As another low-cost alternative to broadband fiber optic cable, Infrared Communications Systems Inc., Edmonds, Wash., added in April the 155mbps SkyNet 800 to its family of SkyNet systems, which include a 100mbps fiber-distributed data interface (FDDI, which has a reach of 2.46 miles), 100mbps fast Ethernet (also 2.46 miles) and 1.5mbps (3.69 miles) systems for voice, data and video transport.

Another startup, Rooftop Communi-cations Corp., Mountain View, Calif., is combining radio stations with standard IP routers to extend routed networks without the need to use unbundled local loops or to partner with resellers of wholesale DSL or even wireless loops.

Rooftop's Internet Radio hardware and Internet Radio Operating System (IROS) software are designed to operate as a multipoint network, and as a multirouter-hop network, just as any wired router-based network does. The key advantage to this architecture, says Rooftop President Dave Beyer, is that each radio need be only in the line of site of another radio/router "peer" in the network to gain access to the whole network.

"The reliance on the Internet, and the need for high-speed access, particularly among small and medium businesses who can't an afford expensive local loop, makes the time right to let ISPs roll out their own last-mile, without dependence on local carriers," Beyer says. "This redirects 100 percent of revenues to the ISP."

Beyer also emphasizes that the Internet Radio network can be built incrementally in response to demand.

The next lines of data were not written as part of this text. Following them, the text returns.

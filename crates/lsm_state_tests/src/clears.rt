// Clears of a tree, what comes too late after one, and what is left of one that fails.
use crate::flushes::KEPT;
use crate::rows::Row::{Does, Has, Shows};
use crate::rows::{Count, Row};
use crate::scripts::Opening::{Crashed, Failing};
use crate::scripts::Part::{FlushOver, Major, Plays, Reopen};
use crate::scripts::{Alike, End, Script, play_alike, play_all};
use crate::steps::Step::{Clear, Compact, Flush, Forget, Rotate, Set};
use crate::steps::Told::{Declined, Done, Number, Refused, RefusedSealed, Sealed, Stale};
use crate::works::{Kind, Work};
use lsm_state::{Fault, Why};

/// a = x in a table, b = y sealed, and c = z in the active memtable.
const PLACES: [Row; 5] = [
    Does(Set("a", "x"), Number(0)),
    Does(Flush(0), Done),
    Does(Set("b", "y"), Number(2)),
    Does(Rotate, Sealed(Some(1))),
    Does(Set("c", "z"), Number(3)),
];

const SNAPSHOTS: [Script; 3] = [
    (
        "old snapshots see what they saw, and new ones what was written behind a clear",
        &[
            Plays(&PLACES),
            Plays(&[
                Does(Clear, Number(4)),
                Does(Set("b", "w"), Number(5)),
                Shows("a", 1, "x"),
                Shows("a", 4, "x"),
                Shows("b", 3, "y"),
                Shows("c", 4, "z"),
                Shows("a", 5, ""),
                Shows("b", 5, ""),
                Shows("c", 6, ""),
                Shows("b", 6, "w"),
                Has(Count::Tables, 0),
                Has(Count::Sealed, 0),
                Has(Count::Next, 6),
                Has(Count::Visible, 6),
            ]),
        ],
    ),
    (
        "a flush behind a clear holds what was written behind it",
        &[Plays(&[
            Does(Set("a", "x"), Number(0)),
            Does(Clear, Number(1)),
            Does(Set("b", "y"), Number(2)),
            Does(Flush(0), Done),
            Shows("a", 1, "x"),
            Shows("a", 4, ""),
            Shows("b", 4, "y"),
        ])],
    ),
    (
        "tables are gone when a strategy chooses them",
        &[Plays(&[
            Does(Set("a", "x"), Number(0)),
            Does(Flush(0), Done),
            Does(Clear, Number(2)),
            Does(
                Compact(Work::Ask(Kind::Move, &[0], 6)),
                Declined(Why::Missing),
            ),
            Shows("a", 2, "x"),
            Shows("a", 3, ""),
            Has(Count::Tables, 0),
            Has(Count::Next, 3),
        ])],
    ),
];

const FORGOTTEN: [Script; 3] = [
    (
        "what isn't flushed is forgotten",
        &[
            Plays(&PLACES),
            Plays(&[
                Does(Forget, Done),
                Shows("a", 1, "x"),
                Shows("a", 4, "x"),
                Shows("b", 4, ""),
                Shows("c", 4, ""),
            ]),
        ],
    ),
    (
        "nothing is forgotten where nothing was written",
        &[Plays(&[
            Does(Set("b", "y"), Number(0)),
            Does(Rotate, Sealed(Some(0))),
            Does(Forget, Done),
            Shows("b", 1, "y"),
        ])],
    ),
    (
        "what is forgotten takes no memory",
        &[Plays(&[
            Does(Set("b", "y"), Number(0)),
            Has(Count::Active, 0),
            Does(Forget, Done),
            Does(Forget, Done),
            Has(Count::Active, 1),
            Has(Count::Sealed, 0),
            Has(Count::Memory, 0),
            Has(Count::Free, 0),
        ])],
    ),
];

// ---- jobs that come too late

/// b = y (0), sealed.
const SEALED: [Row; 2] = [
    Does(Set("b", "y"), Number(0)),
    Does(Rotate, Sealed(Some(0))),
];

const LATE: [Script; 3] = [
    (
        "a merge over a clear is stale",
        &[
            Plays(&[Does(Set("a", "x"), Number(0)), Does(Flush(0), Done)]),
            Major(
                End::Finished(&[], &[Does(Clear, Number(2))]),
                Declined(Why::Stale),
            ),
            Plays(&[
                Has(Count::Compacting, 0),
                Has(Count::Tables, 0),
                Has(Count::Next, 3),
            ]),
        ],
    ),
    (
        "a flush over a clear is stale",
        &[
            Plays(&SEALED),
            FlushOver(
                &[],
                &[Does(Set("c", "z"), Number(1)), Does(Clear, Number(2))],
                Stale,
            ),
            Plays(&[
                Has(Count::Tables, 0),
                Has(Count::Next, 3),
                Shows("b", 2, "y"),
                Shows("b", 3, ""),
            ]),
        ],
    ),
    (
        "a flush of what was forgotten is stale",
        &[
            Plays(&SEALED),
            FlushOver(
                &[],
                &[Does(Set("c", "z"), Number(1)), Does(Forget, Done)],
                Stale,
            ),
            Plays(&[
                Has(Count::Tables, 0),
                Has(Count::Next, 2),
                Shows("b", 2, ""),
            ]),
        ],
    ),
];

// ---- faults

/// `Store`; the number is used, and nothing else changes.
const REFUSED: [Row; 4] = [
    Does(Clear, Refused(2)),
    Has(Count::Next, 3),
    Has(Count::Tables, 1),
    Shows("a", 3, "x"),
];

/// `CommitUnknown`; likewise.
const UNKNOWN: [Row; 4] = [
    Does(Clear, Refused(3)),
    Has(Count::Next, 3),
    Has(Count::Tables, 1),
    Shows("a", 3, "x"),
];

/// A clear writes `v2`, syncs it, and replaces `current`. Of these a crash leaves nothing.
const FAILING: Alike = Alike {
    begin: &[Plays(&KEPT)],
    scripts: &[
        (
            "the version isn't written",
            &[Reopen(Failing(1, Fault::Once), 2), Plays(&REFUSED)],
        ),
        (
            "the version is written, and the call fails",
            &[Reopen(Failing(1, Fault::OnceDone), 2), Plays(&REFUSED)],
        ),
        (
            "the version isn't synced",
            &[Reopen(Failing(2, Fault::Once), 2), Plays(&REFUSED)],
        ),
        (
            "current isn't replaced",
            &[Reopen(Failing(3, Fault::Once), 2), Plays(&UNKNOWN)],
        ),
    ],
    end: &[Reopen(Crashed, 10), Plays(&[Shows("a", 10, "x")])],
};

/// These stand after a crash.
const FAILING_CLEARED: Alike = Alike {
    begin: &[Plays(&KEPT)],
    scripts: &[
        (
            "current is known not to be replaced",
            &[
                Reopen(Failing(3, Fault::OnceNothing), 2),
                Plays(&REFUSED),
                Plays(&[Does(Clear, Number(3))]),
            ],
        ),
        (
            "current is replaced, and the call fails",
            &[Reopen(Failing(3, Fault::OnceDone), 2), Plays(&UNKNOWN)],
        ),
        // `Unrecoverable` from then on.
        (
            "behind an unknown clear nothing is committed",
            &[
                Reopen(Failing(3, Fault::OnceDone), 2),
                Plays(&[
                    Does(Clear, Refused(3)),
                    Does(Set("b", "y"), Number(3)),
                    Does(Flush(0), RefusedSealed(4)),
                    Does(Clear, Refused(4)),
                    Shows("a", 3, "x"),
                    Shows("b", 4, "y"),
                    Has(Count::Next, 4),
                ]),
            ],
        ),
    ],
    end: &[
        Reopen(Crashed, 10),
        Plays(&[Shows("a", 10, ""), Shows("b", 10, "")]),
    ],
};

#[test]
fn snapshots_see_what_a_clear_leaves(rt: HostRuntime) {
    play_all(&rt, rt.alloc(), &SNAPSHOTS);
    play_all(&rt, rt.alloc(), &FORGOTTEN);
    play_all(&rt, rt.alloc(), &LATE);
}

#[test]
fn a_clear_that_fails_uses_its_number(rt: HostRuntime) {
    play_alike(&rt, rt.alloc(), &FAILING);
    play_alike(&rt, rt.alloc(), &FAILING_CLEARED);
}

Each new Internet Radio introduced to the network "learns what other radios are out there, what their links are, their link qualities, speeds and routing tables, all automatically," he says. "It's a natural extension of the Internet, vs. multipoint wireless systems which are last hop, in terms of routing, rather than extend and extend."

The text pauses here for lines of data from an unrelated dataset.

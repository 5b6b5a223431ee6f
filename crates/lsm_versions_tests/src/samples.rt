// What tests make tables and versions by.
//
// What owns a table borrows it to a helper, and has no `?` after: a deep value that is dropped is long to prove.

use bytes::Bytes;
use lsm_below::{InternalValue, Run, SeqNo, TableId, UserKey, UserValue, ValueType};
use lsm_tables::{Table, is_writable, write_tables};
use lsm_versions::{HiddenSet, Level, Version, ids_are_own, levels_fit};
use std::alloc::{AllocError, Global};
use std::collections::HashSet;
use std::process::Abort;
use std::test::Fail;

/// A table of one entry, by its level, its id, and its key.
pub type Row = (usize, TableId, &'static str);

pub const THREE: [Row; 3] = [(0, 2, "b"), (0, 1, "a"), (6, 0, "a")];

fn entries(
    alloc: Global,
    key: &'static str,
    seqno: SeqNo,
) -> Result<Vec<InternalValue>, AllocError> {
    let key = UserKey::from_static(key.as_bytes());
    let value = UserValue::from_static(b"x");
    let entry = InternalValue::from_components(key, value, seqno, ValueType::Value);
    Ok(vec![in alloc; entry]?)
}

/// A table of one entry, x under a key, with its sequence number and the moment at which it is made. Its file has 37 bytes where
/// the key has one.
pub fn table(
    rt: &impl Abort,
    alloc: Global,
    id: TableId,
    key: &'static str,
    (seqno, made): (SeqNo, u64),
) -> Result<Table, Fail> {
    let entries = entries(alloc, key, seqno)?;
    assert!(rt; is_writable(&entries));
    let images = write_tables(alloc, u64::MAX, made, &entries);
    drop(entries);
    let image = images?.pop().ok_or("no image")?;
    Ok(Table::recover(alloc, id, Bytes::from_vec(image)?)?)
}

/// The level of some rows, each a run of its own.
fn level(rt: &impl Abort, alloc: Global, n: usize, rows: &[Row]) -> Result<Level, Fail> {
    let mut runs = Vec::new(alloc);
    for (at, id, key) in rows {
        if *at == n {
            let run = Run::single(alloc, table(rt, alloc, *id, key, (*id, 0))?)?;
            runs.push(run)?;
        }
    }
    Ok(Level::from_runs(runs))
}

fn levels(rt: &impl Abort, alloc: Global, rows: &[Row]) -> Result<Vec<Level>, Fail> {
    let mut levels = Vec::new(alloc);
    for n in 0..7 {
        levels.push(level(rt, alloc, n, rows)?)?;
    }
    Ok(levels)
}

/// The version of some rows, whose runs stand in their order.
pub fn version(rt: &impl Abort, alloc: Global, id: u64, rows: &[Row]) -> Result<Version, Fail> {
    if rows.is_empty() {
        return Ok(Version::new(alloc, id));
    }
    let levels = levels(rt, alloc, rows)?;
    let own = ids_are_own(alloc, &[], &levels)?;
    assert!(rt; own);
    assert!(rt; levels.len() == 7);
    assert!(rt; levels_fit(&levels));
    Ok(Version::from_levels(id, levels))
}

/// The set of some ids.
pub fn ids(alloc: Global, list: &[TableId]) -> Result<HashSet<TableId>, AllocError> {
    let mut set = HashSet::new(alloc);
    for id in list {
        set.insert(*id)?;
    }
    Ok(set)
}

/// The hidden set of some ids.
pub fn hidden(alloc: Global, list: &[TableId]) -> Result<HiddenSet, AllocError> {
    let mut set = HiddenSet::new(alloc);
    set.hide(&ids(alloc, list)?)?;
    Ok(set)
}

Claiming 128kbps to 1.5mbps speeds in the 2.4gHz spectrum, Rooftop's Spirit 2000 radio (targeted at a one- to six-mile range) is volume priced at $1,995, while the Spirit 4000-LR (targeted at the 30-mile range) is volume priced at $4,995.

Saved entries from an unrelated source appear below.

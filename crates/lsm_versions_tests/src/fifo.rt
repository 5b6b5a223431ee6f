// What is too old or too much.
use crate::asking::{Row, Wanted, chooses};
use lsm_below::TableId;
use lsm_pick::{ChooseError, Fifo};
use std::test::Fail;

/// Three tables of 37 bytes in one run, all made at 0.
const THREE: [Row; 3] = [(0, 4, "a", 0), (0, 5, "b", 0), (0, 6, "c", 0)];

/// The middle one was made first.
const AGED: [Row; 3] = [(0, 4, "a", 30), (0, 5, "b", 10), (0, 6, "c", 20)];

/// Made at 1000 and 1005 seconds.
const TIMED: [Row; 2] = [
    (0, 4, "a", 1_000_000_000_000),
    (0, 5, "b", 1_005_000_000_000),
];

/// A second run.
const TWO_RUNS: [Row; 2] = [(0, 4, "a", 0), (0, 5, "a", 0)];

/// The limit, the seconds to live, the moment in seconds, the hidden tables, and what is to be answered.
type Case = (u64, Option<u64>, u64, &'static [TableId], Wanted);

const BUSY: Wanted = Wanted::Refused(ChooseError::Busy);

const SEVERAL: Wanted = Wanted::Refused(ChooseError::NotDisjoint);

/// Tables, and what becomes of them.
const ROWS: [(&[Row], &[Case]); 6] = [
    // What passes the limit goes from the oldest.
    (
        &THREE,
        &[
            (111, None, 0, &[], Wanted::Nothing),
            (74, None, 0, &[], Wanted::Drop(&[4])),
            (73, None, 0, &[], Wanted::Drop(&[4, 5])),
            (1, None, 0, &[], Wanted::Drop(&[4, 5, 6])),
            (111, Some(0), 0, &[], Wanted::Nothing),
            (111, Some(1), 0, &[], Wanted::Drop(&[4, 5, 6])),
        ],
    ),
    (
        &AGED,
        &[
            (110, None, 0, &[], Wanted::Drop(&[5])),
            (73, None, 0, &[], Wanted::Drop(&[5, 6])),
            (37, None, 0, &[], Wanted::Drop(&[5, 6])),
        ],
    ),
    // What is old goes.
    (
        &TIMED,
        &[
            (u64::MAX, Some(10), 1011, &[], Wanted::Drop(&[4])),
            (u64::MAX, Some(10), 1010, &[], Wanted::Drop(&[4])),
            (u64::MAX, Some(10), 1009, &[], Wanted::Nothing),
            (u64::MAX, Some(10), 1015, &[], Wanted::Drop(&[4, 5])),
            (36, Some(10), 1011, &[], Wanted::Drop(&[4, 5])),
            (37, Some(10), 1011, &[], Wanted::Drop(&[4])),
        ],
    ),
    // Runs and hidden tables are refused.
    (&[], &[(0, None, 0, &[], Wanted::Nothing)]),
    (&THREE, &[(0, None, 0, &[6], BUSY)]),
    (&TWO_RUNS, &[(0, None, 0, &[4], SEVERAL)]),
];

#[test]
fn what_is_old_or_too_much_goes(rt: HostRuntime) -> Result<(), Fail> {
    for (rows, cases) in ROWS {
        for (limit, ttl, seconds, hidden, wanted) in cases {
            let now = seconds.saturating_mul(1_000_000_000);
            let fifo = Fifo::new(*limit, *ttl, now);
            let is_so = chooses(&rt, rt.alloc(), &fifo, 0, rows, *hidden, *wanted)?;
            assert!(rt; is_so, "{limit} at {seconds}");
        }
    }
    Ok(())
}
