// Sealed memtables, the history of super versions, and which of them maintenance forgets.
use crate::samples::{add, filled};
use lsm_state::{
    Error, Fault, MemStore, Memtable, MemtableId, SealedMemtables, SeqNo, Store, SuperVersion,
    SuperVersions, Version, VersionId,
};
use std::alloc::Global;

// ---- sealed memtables

/// Whether ids are listed as they were added, and all but one that is removed.
fn lists_added(alloc: Global) -> Result<bool, Error> {
    let list = SealedMemtables::new(alloc).add(3)?.add(1)?.add(2)?;
    let rest = list.remove(1)?.copy()?;
    Ok(list.as_slice() == [3, 1, 2].as_slice() && rest.as_slice() == [3, 2].as_slice())
}

#[test]
fn lists_sealed_memtables(rt: HostRuntime) {
    assert!(rt; matches!(lists_added(rt.alloc()), Ok(true)));
}

// ---- the history

/// A change of a history of super versions.
enum Change {
    /// A super version of this active memtable, of a version of this id, under this number.
    Append(MemtableId, VersionId, SeqNo),
    /// The latest one with another active memtable, under this number.
    Copied(MemtableId, SeqNo),
    /// The active memtable of the latest one is sealed, for this one.
    Rotate(MemtableId),
    /// In place of the latest one a super version of this active memtable, under this number.
    Replace(MemtableId, SeqNo),
}

fn super_version(alloc: Global, active: MemtableId, id: VersionId, seqno: SeqNo) -> SuperVersion {
    SuperVersion {
        active_memtable: active,
        sealed_memtables: SealedMemtables::new(alloc),
        version: Version::new(alloc, id),
        seqno,
    }
}

fn append_copied(
    history: &mut SuperVersions,
    active: MemtableId,
    seqno: SeqNo,
) -> Result<(), Error> {
    let copied = history.latest_version().copy()?;
    history.append_version(SuperVersion {
        active_memtable: active,
        seqno,
        ..copied
    })
}

fn make(alloc: Global, history: &mut SuperVersions, change: &Change) -> Result<(), Error> {
    match change {
        Change::Append(active, id, seqno) => {
            history.append_version(super_version(alloc, *active, *id, *seqno))
        }
        Change::Copied(active, seqno) => append_copied(history, *active, *seqno),
        Change::Rotate(id) => history.rotate_latest(*id),
        Change::Replace(active, seqno) => {
            history.replace_latest_version(super_version(alloc, *active, 0, *seqno));
            Ok(())
        }
    }
}

fn history(alloc: Global, changes: &[Change]) -> Result<SuperVersions, Error> {
    let mut history = SuperVersions::new(alloc, Version::new(alloc, 0));
    for step in changes {
        make(alloc, &mut history, step)?;
    }
    Ok(history)
}

/// Changes, how many super versions there are then, the sizes of those of the memtables 0, 1 and 2 that they name, each of
/// 49 bytes, and which memtable is active at a snapshot: none where that is too old.
type History = (
    &'static [Change],
    usize,
    u64,
    &'static [(SeqNo, Option<MemtableId>)],
);

const HISTORIES: [History; 5] = [
    (&[], 1, 49, &[(0, Some(0))]),
    (
        &[Change::Append(2, 0, 1)],
        2,
        98,
        &[(1, Some(0)), (2, Some(2))],
    ),
    // A snapshot reads what was installed before it.
    (
        &[Change::Append(1, 0, 5), Change::Copied(2, 9)],
        3,
        147,
        &[
            (0, Some(0)),
            (1, Some(0)),
            (5, Some(0)),
            (6, Some(1)),
            (9, Some(1)),
            (10, Some(2)),
        ],
    ),
    // Numbers that fall back are found.
    (
        &[
            Change::Append(1, 0, 5),
            Change::Copied(2, 9),
            Change::Append(3, 0, 2),
            Change::Rotate(4),
            Change::Append(5, 0, 7),
        ],
        5,
        147,
        &[
            (0, Some(0)),
            (2, Some(0)),
            (3, Some(4)),
            (7, Some(4)),
            (8, Some(5)),
            (10, Some(5)),
        ],
    ),
    // A snapshot below all is too old.
    (&[Change::Replace(1, 5)], 1, 49, &[(5, None), (0, Some(1))]),
];

fn reads(history: &SuperVersions, snapshot: SeqNo, active: Option<MemtableId>) -> bool {
    match history.get_version_for_snapshot(snapshot) {
        Ok(read) => Some(read.active_memtable) == active,
        Err(Error::SnapshotTooOld) => active.is_none(),
        Err(_) => false,
    }
}

/// Memtables 0, 1 and 2, each with a tombstone of 1 + 48 bytes.
fn three(alloc: Global) -> Vec<Memtable> {
    let mut memtables = Vec::new(alloc);
    for id in [0, 1, 2] {
        add(&mut memtables, filled(alloc, id, &[("a", None, 0)]));
    }
    memtables
}

fn is_right(alloc: Global, case: &History) -> Result<bool, Error> {
    let history = history(alloc, case.0)?;
    let memtables = three(alloc);
    let mut right = history.len() == case.1 && history.memtable_size_sum(&memtables) == case.2;
    for (snapshot, active) in case.3 {
        right = right && reads(&history, *snapshot, *active);
    }
    drop(memtables);
    drop(history);
    Ok(right)
}

#[test]
fn a_snapshot_reads_what_was_installed_before_it(rt: HostRuntime) {
    for (place, case) in HISTORIES.iter().enumerate() {
        assert!(rt;
            matches!(is_right(rt.alloc(), case), Ok(true)),
            "row {place}"
        );
    }
}

// ---- maintenance

/// Changes, a watermark, the files that there are, the call from which on the store fails, or `NEVER`, how many super
/// versions are left, and which files are and aren't.
type Forgetting = (
    &'static [Change],
    SeqNo,
    &'static [&'static str],
    u64,
    usize,
    (&'static [&'static str], &'static [&'static str]),
);

const NEVER: u64 = u64::MAX;

const TWO: [Change; 2] = [Change::Append(0, 1, 1), Change::Append(0, 2, 2)];

const FILES: [&str; 3] = ["v0", "v1", "v2"];

const FORGETTING: [Forgetting; 7] = [
    (&TWO, 0, &[], NEVER, 3, (&[], &[])),
    (&TWO, 3, &[], NEVER, 1, (&[], &[])),
    (
        &[
            Change::Append(0, 1, 1),
            Change::Append(0, 2, 2),
            Change::Append(0, 3, 8),
        ],
        3,
        &[],
        NEVER,
        2,
        (&[], &[]),
    ),
    (&[Change::Append(0, 1, 8)], 3, &[], NEVER, 2, (&[], &[])),
    (&[Change::Append(0, 1, 2)], 3, &[], NEVER, 1, (&[], &[])),
    // Files of forgotten versions go.
    (&TWO, 3, &FILES, NEVER, 1, (&["v2"], &["v0", "v1"])),
    // What isn't removed is kept.
    (&TWO, 3, &FILES, 2, 2, (&["v1", "v2"], &["v0"])),
];

fn put(store: &mut MemStore, names: &[&str]) -> bool {
    let mut done = true;
    for name in names {
        done = done && store.write(name, b"a").is_ok();
    }
    done
}

/// Whether each of these names has a file, or none has.
fn have(alloc: Global, store: &mut MemStore, names: &[&str], there: bool) -> bool {
    let mut right = true;
    for name in names {
        right = right
            && match store.read(alloc, name) {
                Ok(found) => found.is_some() == there,
                Err(_) => false,
            };
    }
    right
}

/// Whether maintenance fails just where the store does, and leaves so many super versions.
fn maintains(
    history: &mut SuperVersions,
    store: &mut MemStore,
    watermark: SeqNo,
    call: u64,
    len: usize,
) -> bool {
    store.fail(call, Fault::FromHere);
    let right = match history.maintenance(store, watermark) {
        Ok(()) => call == NEVER,
        Err(Error::Store) => call != NEVER,
        Err(_) => false,
    };
    right && history.len() == len
}

fn forgets(alloc: Global, case: &Forgetting) -> Result<bool, Error> {
    let mut history = history(alloc, case.0)?;
    let mut store = MemStore::new(alloc);
    let mut right = put(&mut store, case.2)
        && maintains(&mut history, &mut store, case.1, case.3, case.4);
    store.fail(NEVER, Fault::Once);
    right = right && have(alloc, &mut store, case.5.0, true);
    right = right && have(alloc, &mut store, case.5.1, false);
    drop(store);
    drop(history);
    Ok(right)
}

#[test]
fn keeps_what_a_watermark_needs(rt: HostRuntime) {
    for (place, case) in FORGETTING.iter().enumerate() {
        assert!(rt;
            matches!(forgets(rt.alloc(), case), Ok(true)),
            "row {place}"
        );
    }
}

Whatever the broadband, wireless flavor, the new kids on the block want, as Triton's Andrew puts it, "to eliminate the two remaining problems you face with fiber: cost and time to market."

MMDS has emerged in recent weeks as an attractive enough alternative to the onerous regional Bell operating company (RBOC) last mile to get MCI WorldCom and Sprint to open their checkbooks and buy out the three leading license holders. MCI WorldCom offered $24 per share for CAI Wireless' 17 million shares outstanding, then upped it to $28 for a transaction totaling $476 million. Sprint offered $8 a share for 12.9 million outstanding common shares of PCTV for a total of $103 million, and had earlier agreed to acquire PCTV's convertible cumulative pay-in-kind preferred stock at a cost of $23.3 million. No details were available about the offer for American Telecasting. CAI and PCTV already offer Internet services over MMDS.

"If you are an MCI and, less so, Sprint, when you look at what AT&T is doing with Tele-Communications Inc. (TCI) it has to scare the pants off you, because the issue is, what is your local access strategy?," says Robert Rosenberg, president, Insight Research Corp., Parsippany, N.J. "Fixed broadband wireless is clearly a major play for MCI if they want to stay in the consumer market."

Sprint also will continue to offer Integrated On-Demand Network (ION) via DSL in most areas. MMDS, Rosenberg says, "is just one more arrow in the quiver. It is not a silver bullet."